═════ Listed entries

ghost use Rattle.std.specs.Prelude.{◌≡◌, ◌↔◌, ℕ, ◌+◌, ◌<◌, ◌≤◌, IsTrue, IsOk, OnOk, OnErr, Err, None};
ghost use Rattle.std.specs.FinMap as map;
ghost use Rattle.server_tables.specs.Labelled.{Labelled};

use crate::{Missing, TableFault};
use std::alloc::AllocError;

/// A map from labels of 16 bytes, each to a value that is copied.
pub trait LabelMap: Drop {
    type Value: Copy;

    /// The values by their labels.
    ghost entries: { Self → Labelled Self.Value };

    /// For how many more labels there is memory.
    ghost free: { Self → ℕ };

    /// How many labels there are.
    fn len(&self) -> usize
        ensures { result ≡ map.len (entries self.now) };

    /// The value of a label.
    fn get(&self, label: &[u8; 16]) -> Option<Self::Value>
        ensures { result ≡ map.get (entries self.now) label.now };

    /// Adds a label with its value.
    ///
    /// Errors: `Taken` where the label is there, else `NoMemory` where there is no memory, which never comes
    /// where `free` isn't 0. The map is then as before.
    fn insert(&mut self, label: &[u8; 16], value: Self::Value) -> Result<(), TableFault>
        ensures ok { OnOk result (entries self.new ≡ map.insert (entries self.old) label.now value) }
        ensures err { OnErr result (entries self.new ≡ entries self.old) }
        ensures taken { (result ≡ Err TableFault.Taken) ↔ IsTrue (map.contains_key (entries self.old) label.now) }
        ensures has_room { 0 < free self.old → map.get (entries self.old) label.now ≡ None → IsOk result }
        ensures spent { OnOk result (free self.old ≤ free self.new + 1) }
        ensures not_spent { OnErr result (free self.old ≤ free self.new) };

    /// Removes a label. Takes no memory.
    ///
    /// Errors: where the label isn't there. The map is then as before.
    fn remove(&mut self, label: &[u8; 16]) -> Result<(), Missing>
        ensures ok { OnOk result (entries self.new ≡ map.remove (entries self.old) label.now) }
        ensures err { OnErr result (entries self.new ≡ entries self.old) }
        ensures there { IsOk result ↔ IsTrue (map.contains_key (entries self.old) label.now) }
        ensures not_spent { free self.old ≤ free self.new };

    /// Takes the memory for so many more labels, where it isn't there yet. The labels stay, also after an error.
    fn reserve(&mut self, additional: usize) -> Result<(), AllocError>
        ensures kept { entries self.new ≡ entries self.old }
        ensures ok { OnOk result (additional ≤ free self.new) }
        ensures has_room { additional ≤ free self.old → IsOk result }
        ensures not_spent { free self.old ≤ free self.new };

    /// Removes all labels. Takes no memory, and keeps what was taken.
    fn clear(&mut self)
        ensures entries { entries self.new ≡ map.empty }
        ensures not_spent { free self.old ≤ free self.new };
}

══════════

# Work request:
Exactly as given, repeat every record above.

# Output for this task:
ghost use Rattle.std.specs.Prelude.{◌≡◌, ◌↔◌, ℕ, ◌+◌, ◌<◌, ◌≤◌, IsTrue, IsOk, OnOk, OnErr, Err, None};
ghost use Rattle.std.specs.FinMap as map;
ghost use Rattle.server_tables.specs.Labelled.{Labelled};

use crate::{Missing, TableFault};
use std::alloc::AllocError;

/// A map from labels of 16 bytes, each to a value that is copied.
pub trait LabelMap: Drop {
    type Value: Copy;

    /// The values by their labels.
    ghost entries: { Self → Labelled Self.Value };

    /// For how many more labels there is memory.
    ghost free: { Self → ℕ };

    /// How many labels there are.
    fn len(&self) -> usize
        ensures { result ≡ map.len (entries self.now) };

    /// The value of a label.
    fn get(&self, label: &[u8; 16]) -> Option<Self::Value>
        ensures { result ≡ map.get (entries self.now) label.now };

    /// Adds a label with its value.
    ///
    /// Errors: `Taken` where the label is there, else `NoMemory` where there is no memory, which never comes
    /// where `free` isn't 0. The map is then as before.
    fn insert(&mut self, label: &[u8; 16], value: Self::Value) -> Result<(), TableFault>
        ensures ok { OnOk result (entries self.new ≡ map.insert (entries self.old) label.now value) }
        ensures err { OnErr result (entries self.new ≡ entries self.old) }
        ensures taken { (result ≡ Err TableFault.Taken) ↔ IsTrue (map.contains_key (entries self.old) label.now) }
        ensures has_room { 0 < free self.old → map.get (entries self.old) label.now ≡ None → IsOk result }
        ensures spent { OnOk result (free self.old ≤ free self.new + 1) }
        ensures not_spent { OnErr result (free self.old ≤ free self.new) };

    /// Removes a label. Takes no memory.
    ///
    /// Errors: where the label isn't there. The map is then as before.
    fn remove(&mut self, label: &[u8; 16]) -> Result<(), Missing>
        ensures ok { OnOk result (entries self.new ≡ map.remove (entries self.old) label.now) }
        ensures err { OnErr result (entries self.new ≡ entries self.old) }
        ensures there { IsOk result ↔ IsTrue (map.contains_key (entries self.old) label.now) }
        ensures not_spent { free self.old ≤ free self.new };

    /// Takes the memory for so many more labels, where it isn't there yet. The labels stay, also after an error.
    fn reserve(&mut self, additional: usize) -> Result<(), AllocError>
        ensures kept { entries self.new ≡ entries self.old }
        ensures ok { OnOk result (additional ≤ free self.new) }
        ensures has_room { additional ≤ free self.old → IsOk result }
        ensures not_spent { free self.old ≤ free self.new };

    /// Removes all labels. Takes no memory, and keeps what was taken.
    fn clear(&mut self)
        ensures entries { entries self.new ≡ map.empty }
        ensures not_spent { free self.old ≤ free self.new };
}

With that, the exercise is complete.